* _Assigned task_:
What is needed here is an exact copy of every entry.

* _Material for the task_:

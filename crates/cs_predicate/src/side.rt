//! The sides of a comparison.

ghost use Rattle.std.specs.Prelude.{◌≡◌, ◌^◌, ◌*ℤ◌, pos, FitsSigned};
ghost use Rattle.std.specs.Int.{w128};
ghost use Rattle.std.specs.Option.{SomeIff};
ghost use Rattle.std.specs.Ordering.{int_cmp};
ghost use Rattle.cs_types.specs.Text.{loose_number, loose_of};
ghost use Rattle.cs_model.specs.Cells as cells;
ghost use Rattle.cs_model.specs.Truths as spec;
ghost use Rattle.cs_predicate.specs.Sides.{lent};
ghost use Rattle.cs_model.specs.Truths.{number_cmp, order_of};

use crate::cells::Cells;
use cs_model::Operand;
use cs_types::{ColumnType, Loose, Schema, Value};
use std::cmp::Ordering;

/// A value that is compared, lent by a row, a column's cell or a literal.
#[derive(Clone, Copy)]
pub enum Side<'a> {
    /// NULL.
    Null,
    /// The number `m` over ten to the `s`.
    Number { m: i128, s: u8 },
    /// A text.
    Text(&'a [u8]),
    /// A day, as the number of days since 1970-01-01.
    Day(i64),
}

/// A number of whole and further places, or None where 128 bits do not keep it.
#[tactic(auto, using(crate::proofs::Scales::scales))]
fn scaled(m: i128, places: u8) -> Option<i128>
    ensures { SomeIff result (FitsSigned w128 (m *ℤ pos (10 ^ places))) (m *ℤ pos (10 ^ places)) }
{
    if m == 0 {
        return Some(0);
    }
    if places > 38 {
        return None;
    }
    m.checked_mul(10i128.pow(places as u32))
}

/// The order of `m` times ten to the `places` and `n`.
fn scaled_cmp(m: i128, places: u8, n: i128) -> Ordering
    ensures { result ≡ int_cmp (m *ℤ pos (10 ^ places)) n }
{
    match scaled(m, places) {
        Some(scaled) => scaled.cmp(&n),
        // What 128 bits do not keep lies beyond each number that they keep.
        None => m.cmp(&0),
    }
}

/// The order of `m` over ten to the `s` and `n` over ten to the `t`.
fn number_cmp(m: i128, s: u8, n: i128, t: u8) -> Ordering
    ensures { result ≡ spec.number_cmp m s n t }
{
    if s <= t {
        scaled_cmp(m, t - s, n)
    } else {
        scaled_cmp(n, s - t, m).reverse()
    }
}

impl<'a> Side<'a> {
    /// What a row's cell in a column lends, NULL past the columns.
    pub fn of_cell<C: Cells>(schema: &Schema, row: &'a C, column: usize) -> Side<'a>
        ensures { lent result ≡ cells.loose_at schema.now (C.row_of row.now) column }
    {
        match schema.columns.get(column) {
            Some(found) => row.side(found.kind, column),
            None => Side::Null,
        }
    }

    /// What a value of a column of this type lends.
    pub fn of_value(kind: ColumnType, value: &'a Value) -> Side<'a>
        ensures { lent result ≡ loose_of kind value.now }
    {
        match value {
            Value::Null => Side::Null,
            Value::Number(number) => Side::of_number(kind, *number),
            Value::Text(text) => Side::Text(text.as_slice()),
        }
    }

    /// What a number of a column of this type lends.
    pub fn of_number(kind: ColumnType, number: i64) -> Side<'a>
        ensures { lent result ≡ loose_number kind number }
    {
        match kind {
            ColumnType::Date => Side::Day(number),
            _ => Side::Number {
                m: number as i128,
                s: kind.scale(),
            },
        }
    }

    /// What a literal lends.
    pub fn of_constant(constant: &'a Loose) -> Side<'a>
        ensures { lent result ≡ constant.now }
    {
        match constant {
            Loose::Null => Side::Null,
            Loose::Number { m, s } => Side::Number { m: *m, s: *s },
            Loose::Text(text) => Side::Text(text.as_slice()),
            Loose::Day(day) => Side::Day(*day),
        }
    }

    /// What an operand lends.
    pub fn of_operand<C: Cells>(schema: &Schema, row: &'a C, operand: &'a Operand) -> Side<'a>
        ensures { lent result ≡ spec.operand_of schema.now (C.row_of row.now) operand.now }
    {
        match operand {
            Operand::Column(column) => Side::of_cell(schema, row, *column),
            Operand::Constant(constant) => Side::of_constant(constant),
        }
    }

    /// The order of two sides of one family, where neither is NULL.
    pub fn order(self, other: Side<'_>) -> Option<Ordering>
        ensures { result ≡ order_of (lent self.entry) (lent other.entry) }
    {
        match (self, other) {
            (Side::Number { m, s }, Side::Number { m: n, s: t }) => Some(number_cmp(m, s, n, t)),
            (Side::Text(a), Side::Text(b)) => Some(a.cmp(&b)),
            (Side::Day(a), Side::Day(b)) => Some(a.cmp(&b)),
            _ => None,
        }
    }
}
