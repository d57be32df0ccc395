//! The model of the columnstore: bound statements, replies and events; the truth of predicates, the values of expressions
//! and the answers of queries over plain rows; what each event does to the committed changes and the open transactions; and
//! the text of a log.
//!
//! Its one contract: `print_log` gives exactly the text of a log. What a legal log is stands in specs/, and the laws of
//! those definitions are proved here. It stands on `cs_base` and `cs_types` alone: the crates that compute what is defined here stand
//! above it.
#![tactic(auto)]

mod answer_refusal;
mod entry;
mod expr;
mod expr_refusal;
mod kind;
mod laws;
mod log;
mod plan;
mod pred;
mod print;
mod print_lines;
mod print_report;
mod print_work;
mod report;
mod series;
mod truth;
mod work;

pub use answer_refusal::AnswerRefusal;
pub use entry::{AnswerRow, Bound, Entry, Refusal, Reply};
pub use expr::{Expr, Times};
pub use expr_refusal::ExprRefusal;
pub use kind::Kind;
pub use laws::{like_is_tested, quotient_is_cut, table_by_last_change};
pub use log::print_log;
pub use plan::{InsertPlan, Item, Query, UpdatePlan};
pub use pred::{Operand, Pred, Relation};
pub use print::print_entry;
pub use report::{GroupLine, GroupState, SegmentLine};
pub use series::series_schema;
pub use truth::Truth;
pub use work::{Actor, Work};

* _Your response_:
filename crates/cs_predicate/src/side.rt
//! The sides of a comparison.

ghost use Rattle.std.specs.Prelude.{◌≡◌, ◌^◌, ◌*ℤ◌, pos, FitsSigned};
ghost use Rattle.std.specs.Int.{w128};
ghost use Rattle.std.specs.Option.{SomeIff};
ghost use Rattle.std.specs.Ordering.{int_cmp};
ghost use Rattle.cs_types.specs.Text.{loose_number, loose_of};
ghost use Rattle.cs_model.specs.Cells as cells;
ghost use Rattle.cs_model.specs.Truths as spec;
ghost use Rattle.cs_predicate.specs.Sides.{lent};
ghost use Rattle.cs_model.specs.Truths.{number_cmp, order_of};

use crate::cells::Cells;
use cs_model::Operand;
use cs_types::{ColumnType, Loose, Schema, Value};
use std::cmp::Ordering;

/// A value that is compared, lent by a row, a column's cell or a literal.
#[derive(Clone, Copy)]
pub enum Side<'a> {
    /// NULL.
    Null,
    /// The number `m` over ten to the `s`.
    Number { m: i128, s: u8 },
    /// A text.
    Text(&'a [u8]),
    /// A day, as the number of days since 1970-01-01.
    Day(i64),
}

/// A number of whole and further places, or None where 128 bits do not keep it.
#[tactic(auto, using(crate::proofs::Scales::scales))]
fn scaled(m: i128, places: u8) -> Option<i128>
    ensures { SomeIff result (FitsSigned w128 (m *ℤ pos (10 ^ places))) (m *ℤ pos (10 ^ places)) }
{
    if m == 0 {
        return Some(0);
    }
    if places > 38 {
        return None;
    }
    m.checked_mul(10i128.pow(places as u32))
}

/// The order of `m` times ten to the `places` and `n`.
fn scaled_cmp(m: i128, places: u8, n: i128) -> Ordering
    ensures { result ≡ int_cmp (m *ℤ pos (10 ^ places)) n }
{
    match scaled(m, places) {
        Some(scaled) => scaled.cmp(&n),
        // What 128 bits do not keep lies beyond each number that they keep.
        None => m.cmp(&0),
    }
}

/// The order of `m` over ten to the `s` and `n` over ten to the `t`.
fn number_cmp(m: i128, s: u8, n: i128, t: u8) -> Ordering
    ensures { result ≡ spec.number_cmp m s n t }
{
    if s <= t {
        scaled_cmp(m, t - s, n)
    } else {
        scaled_cmp(n, s - t, m).reverse()
    }
}

impl<'a> Side<'a> {
    /// What a row's cell in a column lends, NULL past the columns.
    pub fn of_cell<C: Cells>(schema: &Schema, row: &'a C, column: usize) -> Side<'a>
        ensures { lent result ≡ cells.loose_at schema.now (C.row_of row.now) column }
    {
        match schema.columns.get(column) {
            Some(found) => row.side(found.kind, column),
            None => Side::Null,
        }
    }

    /// What a value of a column of this type lends.
    pub fn of_value(kind: ColumnType, value: &'a Value) -> Side<'a>
        ensures { lent result ≡ loose_of kind value.now }
    {
        match value {
            Value::Null => Side::Null,
            Value::Number(number) => Side::of_number(kind, *number),
            Value::Text(text) => Side::Text(text.as_slice()),
        }
    }

    /// What a number of a column of this type lends.
    pub fn of_number(kind: ColumnType, number: i64) -> Side<'a>
        ensures { lent result ≡ loose_number kind number }
    {
        match kind {
            ColumnType::Date => Side::Day(number),
            _ => Side::Number {
                m: number as i128,
                s: kind.scale(),
            },
        }
    }

    /// What a literal lends.
    pub fn of_constant(constant: &'a Loose) -> Side<'a>
        ensures { lent result ≡ constant.now }
    {
        match constant {
            Loose::Null => Side::Null,
            Loose::Number { m, s } => Side::Number { m: *m, s: *s },
            Loose::Text(text) => Side::Text(text.as_slice()),
            Loose::Day(day) => Side::Day(*day),
        }
    }

    /// What an operand lends.
    pub fn of_operand<C: Cells>(schema: &Schema, row: &'a C, operand: &'a Operand) -> Side<'a>
        ensures { lent result ≡ spec.operand_of schema.now (C.row_of row.now) operand.now }
    {
        match operand {
            Operand::Column(column) => Side::of_cell(schema, row, *column),
            Operand::Constant(constant) => Side::of_constant(constant),
        }
    }

    /// The order of two sides of one family, where neither is NULL.
    pub fn order(self, other: Side<'_>) -> Option<Ordering>
        ensures { result ≡ order_of (lent self.entry) (lent other.entry) }
    {
        match (self, other) {
            (Side::Number { m, s }, Side::Number { m: n, s: t }) => Some(number_cmp(m, s, n, t)),
            (Side::Text(a), Side::Text(b)) => Some(a.cmp(&b)),
            (Side::Day(a), Side::Day(b)) => Some(a.cmp(&b)),
            _ => None,
        }
    }
}
repository d57be32df0ccc395
//! The model of the columnstore: bound statements, replies and events; the truth of predicates, the values of expressions
//! and the answers of queries over plain rows; what each event does to the committed changes and the open transactions; and
//! the text of a log.
//!
//! Its one contract: `print_log` gives exactly the text of a log. What a legal log is stands in specs/, and the laws of
//! those definitions are proved here. It stands on `cs_base` and `cs_types` alone: the crates that compute what is defined here stand
//! above it.
#![tactic(auto)]

mod answer_refusal;
mod entry;
mod expr;
mod expr_refusal;
mod kind;
mod laws;
mod log;
mod plan;
mod pred;
mod print;
mod print_lines;
mod print_report;
mod print_work;
mod report;
mod series;
mod truth;
mod work;

pub use answer_refusal::AnswerRefusal;
pub use entry::{AnswerRow, Bound, Entry, Refusal, Reply};
pub use expr::{Expr, Times};
pub use expr_refusal::ExprRefusal;
pub use kind::Kind;
pub use laws::{like_is_tested, quotient_is_cut, table_by_last_change};
pub use log::print_log;
pub use plan::{InsertPlan, Item, Query, UpdatePlan};
pub use pred::{Operand, Pred, Relation};
pub use print::print_entry;
pub use report::{GroupLine, GroupState, SegmentLine};
pub use series::series_schema;
pub use truth::Truth;
pub use work::{Actor, Work};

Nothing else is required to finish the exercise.